To do this with Get-MarkupTag, you'd do something like
要使用 Get-MarkupTag 执行此操作,您需要执行以下操作
$webClient = New-Object Net.Webclient -Property @{UseDefaultCredentials=$true}
$html = $webClient.DownloadString($url)
$table = Get-MarkupTag -html $html -tag "table" |
Where-Object { $_.Tag -like '<table border="0" cellpadding="2" cellspacing="2" width="300px">*' } |
Select-Object -expandProperty Xml
$table.tr | # Row
Foreach-Object {
$_.Td # Column
}
Hope this helps
希望这可以帮助
回答by p.campbell
I'd tackle it this way using VBScript.
我会使用 VBScript 以这种方式解决它。
remove all double-quotes with single quotes, just for ease of reading & writing the code. i.e.
myHTMLString = Replace(myHTMLString, """", "'")
determine if the file contains your table. Sounds like it doesn't have an
id
orname
attribute. Too bad, but failing that, useInStr
to determine where the starting position of the table is.Dim tableStartsAt = InStr(myHTMLString,"<table border='0'")
Careful with all the attributes here, as you're at the mercy of the table having its attributes moved around without you noticing! Perhaps when no matching table is found, email THAT stats to yourself as a warning that some maintenance is needed.now that you have the start position of your table, find its end tag. i.e.
Dim tableEndsAt = InStr(tableStartsAt,myHTMLString,"</table>")
get the HTML string:
Dim myTable = Mid(myHTMLString,tableStartsAt,tableEndsAt-tableStartsAt)

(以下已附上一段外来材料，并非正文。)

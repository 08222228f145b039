//! What answers an input.
ghost use Rattle.std.specs.Prelude.{◌≡◌, ℕ, List, [], IfOk, Ok, true};
ghost use Rattle.net_reader.specs.Reading.{StandsFor};
ghost use Rattle.net_reader.specs.Seen.{seen_input};
ghost use Rattle.net_reader.specs.Valid.{IsValid};
ghost use Rattle.net_graph.specs.Network.{IsGraphOf};
ghost use Rattle.directory.specs.Orders.{history_of};
ghost use Rattle.directory.specs.Outcomes.{result_of};
ghost use Rattle.machine.specs.Stands.{BelongTogether};
ghost use Rattle.machine.specs.Machines.{IsSame, scripts_at, setting_at, HasHistory};
ghost use Rattle.report_text.specs.ReportText.{report_of};
ghost use Rattle.trail_laws.specs.RightOutcomes.{TellInTurn};
ghost use Rattle.track.specs.Bodies.{text_of};
ghost use Rattle.region_plan.specs.Coverings.{trade_off_of};
ghost use Rattle.region_plan.specs.Regions.{covered_plan};
ghost use Rattle.report_text.specs.PlanText.{plan_text_of};
ghost use Rattle.track.specs.Results.{IsInputText, IsMeanPlanText, IsPlanText, IsReport, IsReportOver};
ghost use Rattle.track.specs.Results.{IsRefused, IsResult, IsRightAnswer, is_made_alike};
ghost use Rattle.report_check.specs.Inputs.{network_of};
ghost use Rattle.track.specs.Results.{outcome_for, outcome_over};

use crate::census::census;
use crate::cost::cost_text;
use crate::status::Status;
use crate::stretch::stretches;
use busy_finds::plan_outcomes_are_priced;
use directory::{Outcome, all_scripts_done};
use distances::Distances;
use json_form::input_json;
use machine::Machine;
use net_graph::Graph;
use net_reader::{Input, InputFault, ReadRefusal, Reader, inputs_are_valid};
use own_reports::own_reports_are_sound;
use plan_laws::covered_plan_of_same_walks;
use region_plan::{
    Covering, Plan, covered_plan_is_bounding, covered_plan_means, mean_plan_is_small,
    plan_is_sparse,
};
use scripts::scripts_are_valid;
use std::alloc::{AllocError, Global};
use stretch_laws::{plan_outcomes_are_near, plans_track};
use trail_laws::outcomes_are_right;
use word_line::Command;

// What answers an input: its text is written from it.
#[derive(Drop)]
pub(crate) enum Body {
    Plan(Plan),
    Report(Outcome),
    Json(Outcome),
    Text(Vec<u8>),
    Refusal(InputFault),
}

// What answers an input, and the status that goes with it.
#[derive(Drop)]
pub(crate) struct Answer {
    pub(crate) status: Status,
    pub(crate) body: Body,
}

// The plan of an input's network over a covering.
fn cover(
    alloc: Global,
    covering: Covering,
    input: &Input,
    graph: &Graph,
) -> Result<Plan, AllocError>
    requires valid { IsValid (seen_input input.now) }
    requires graph { IsGraphOf input.now.nodes input.now.edges.items graph.now }
    requires trade_off { trade_off_of covering ≡ input.now.k }
    ensures { IfOk result
        (λ plan. plan ≡ covered_plan covering (network_of (seen_input input.now))) }
{
    covered_plan_of_same_walks();
    let distances = Distances::new(alloc, graph)?;
    Plan::build_by(alloc, graph, &distances, covering)
}

// The plan of an input's network, which is sparse.
fn phased_cover(alloc: Global, input: &Input, graph: &Graph) -> Result<Plan, AllocError>
    requires valid { IsValid (seen_input input.now) }
    requires graph { IsGraphOf input.now.nodes input.now.edges.items graph.now }
    ensures { IfOk result (λ plan. IsPlanText (seen_input input.now) (plan_text_of plan)) }
{
    covered_plan_is_bounding();
    plan_is_sparse();
    cover(alloc, Covering::Phased(input.k), input, graph)
}

// The plan of an input's network over mean covers.
fn mean_cover(alloc: Global, input: &Input, graph: &Graph) -> Result<Plan, AllocError>
    requires valid { IsValid (seen_input input.now) }
    requires graph { IsGraphOf input.now.nodes input.now.edges.items graph.now }
    ensures { IfOk result (λ plan. IsMeanPlanText (seen_input input.now) (plan_text_of plan)) }
{
    covered_plan_means();
    covered_plan_is_bounding();
    mean_plan_is_small();
    cover(alloc, Covering::Mean(input.k), input, graph)
}

// What becomes of an input's calls under its order, over a plan.
fn replay_over(
    alloc: Global,
    input: &Input,
    plan: &Plan,
    distances: &Distances,
) -> Result<Outcome, AllocError>
    requires together { BelongTogether (seen_input input.now) plan.now distances.now }
    ensures { IfOk result (λ outcome. (result_of outcome
        ≡ outcome_over plan.now (seen_input input.now)) × TellInTurn (result_of outcome).calls) }
{
    all_scripts_done();
    let mut machine = Machine::new(alloc, input, plan, distances)?;
    play(&mut machine, &input.order);
    Ok(machine.outcome())
}

// What becomes of an input's calls under its order, over its plan of a covering.
pub(crate) fn replay(
    alloc: Global,
    covering: Covering,
    input: &Input,
    graph: &Graph,
) -> Result<Outcome, AllocError>
    requires valid { IsValid (seen_input input.now) }
    requires graph { IsGraphOf input.now.nodes input.now.edges.items graph.now }
    requires trade_off { trade_off_of covering ≡ input.now.k }
    ensures is { IfOk result (λ outcome. result_of outcome
        ≡ outcome_over (covered_plan covering (network_of (seen_input input.now)))
        (seen_input input.now)) }
    ensures report { IfOk result (λ outcome. IsReportOver
        (covered_plan covering (network_of (seen_input input.now))) (seen_input input.now)
        (report_of (result_of outcome))) }
{
    outcomes_are_right();
    plans_track();
    plan_outcomes_are_near();
    plan_outcomes_are_priced();
    scripts_are_valid();
    covered_plan_means();
    covered_plan_of_same_walks();
    let distances = Distances::new(alloc, graph)?;
    let plan = Plan::build_by(alloc, graph, &distances, covering)?;
    replay_over(alloc, input, &plan, &distances)
}

// What becomes of an input's calls under its order, over the plan of its network: its report is
// sound.
fn own_replay(alloc: Global, input: &Input, graph: &Graph) -> Result<Outcome, AllocError>
    requires valid { IsValid (seen_input input.now) }
    requires graph { IsGraphOf input.now.nodes input.now.edges.items graph.now }
    ensures is { IfOk result (λ outcome. result_of outcome ≡ outcome_for (seen_input input.now)) }
    ensures report { IfOk result (λ outcome. IsReport (seen_input input.now)
        (report_of (result_of outcome))) }
{
    own_reports_are_sound();
    replay(alloc, Covering::Phased(input.k), input, graph)
}

// Plays an order to its end.
fn play(machine: &mut Machine<'_>, order: &[u32])
    requires stands { HasHistory machine.old [] }
    ensures stands { HasHistory machine.new
        (history_of (setting_at machine.old) (scripts_at machine.old) order.now) }
    ensures same { IsSame machine.old machine.new }
{
    machine.play(order);
    machine.finish();
}

// What a command makes of a valid input, in one order of its own.
fn body_of(
    alloc: Global,
    command: Command,
    input: &Input,
    graph: &Graph,
) -> Result<Body, AllocError>
    requires served { is_made_alike command ≡ true }
    requires valid { IsValid (seen_input input.now) }
    requires graph { IsGraphOf input.now.nodes input.now.edges.items graph.now }
    ensures { IfOk result (λ body. IsResult command (seen_input input.now) (text_of body)) }
{
    match command {
        Command::Cover => Ok(Body::Plan(phased_cover(alloc, input, graph)?)),
        Command::MeanCover => Ok(Body::Plan(mean_cover(alloc, input, graph)?)),
        Command::Replay => {
            let outcome = own_replay(alloc, input, graph)?;
            Ok(Body::Report(outcome))
        }
        Command::MeanReplay => {
            let outcome = replay(alloc, Covering::Mean(input.k), input, graph)?;
            Ok(Body::Report(outcome))
        }
        Command::Census => Ok(Body::Text(census(alloc, input)?)),
        Command::Costs => Ok(Body::Text(cost_text(alloc, input, graph)?)),
        Command::Stretch => {
            let text = stretches(alloc, Covering::Phased(input.k), input, graph)?;
            Ok(Body::Text(text))
        }
        Command::MeanStretch => {
            let text = stretches(alloc, Covering::Mean(input.k), input, graph)?;
            Ok(Body::Text(text))
        }
        Command::ToJson => Ok(Body::Text(input_json(alloc, input)?)),
        Command::ReplayJson => Ok(Body::Json(own_replay(alloc, input, graph)?)),
        _ => unreachable!(),
    }
}

// What answers a valid input.
fn answer_valid(
    alloc: Global,
    command: Command,
    input: &Input,
    graph: &Graph,
) -> Result<Answer, AllocError>
    requires served { is_made_alike command ≡ true }
    requires valid { IsValid (seen_input input.now) }
    requires graph { IsGraphOf input.now.nodes input.now.edges.items graph.now }
    ensures { IfOk result (λ answer. IsRightAnswer command (Ok (seen_input input.now))
        answer.status (text_of answer.body)) }
{
    Ok(Answer {
        status: Status::Done,
        body: body_of(alloc, command, input, graph)?,
    })
}

// What answers bytes that are refused.
pub(crate) fn answer_refused(refusal: ReadRefusal) -> Result<Answer, AllocError>
    ensures { IfOk result (λ answer. IsRefused refusal answer.status (text_of answer.body)) }
{
    match refusal {
        ReadRefusal::Fault(fault) => Ok(Answer {
            status: Status::Refused,
            body: Body::Refusal(fault),
        }),
        ReadRefusal::OutOfMemory => Err(AllocError),
    }
}

// What answers the bytes that the reader stands for.
pub(crate) fn make_answer(
    alloc: Global,
    command: Command,
    reader: Reader,
) -> Result<Answer, AllocError>
    requires served { is_made_alike command ≡ true }
    ensures text { IfOk result (λ answer. (bytes : List ℕ) → StandsFor reader bytes
        → IsInputText command bytes answer.status (text_of answer.body)) }
{
    inputs_are_valid();
    match reader.end_with_graph(alloc) {
        Ok(found) => {
            let (input, graph) = found;
            answer_valid(alloc, command, &input, &graph)
        }
        Err(refusal) => answer_refused(refusal),
    }
}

put that into an email, send using VBScript. Ensure you have
Mail.IsHTML = True
. Here's another VBScript sending emailquestion.
用单引号删除所有双引号,只是为了便于阅读和编写代码。IE
myHTMLString = Replace(myHTMLString, """", "'")
确定文件是否包含您的表。听起来它没有
id
orname
属性。太糟糕了,但失败了,用于InStr
确定桌子的起始位置。Dim tableStartsAt = InStr(myHTMLString,"<table border='0'")
小心这里的所有属性,因为你会受到桌子的摆布,它的属性在你没有注意到的情况下四处移动!也许当没有找到匹配的表时,将统计数据通过电子邮件发送给自己,作为需要进行一些维护的警告。现在您已获得表格的起始位置,找到它的结束标记。IE
Dim tableEndsAt = InStr(tableStartsAt,myHTMLString,"</table>")
获取 HTML 字符串:
Dim myTable = Mid(myHTMLString,tableStartsAt,tableEndsAt-tableStartsAt)
将其放入电子邮件中,使用 VBScript 发送。确保您拥有
Mail.IsHTML = True
. 这是另一个VBScript 发送电子邮件问题。
回答by Eric W
I thought the HuddleMassesGet-Web cmdlets had an option to read in tables as XML.
我认为HuddleMassesGet-Web cmdlet 可以选择以 XML 形式读取表格。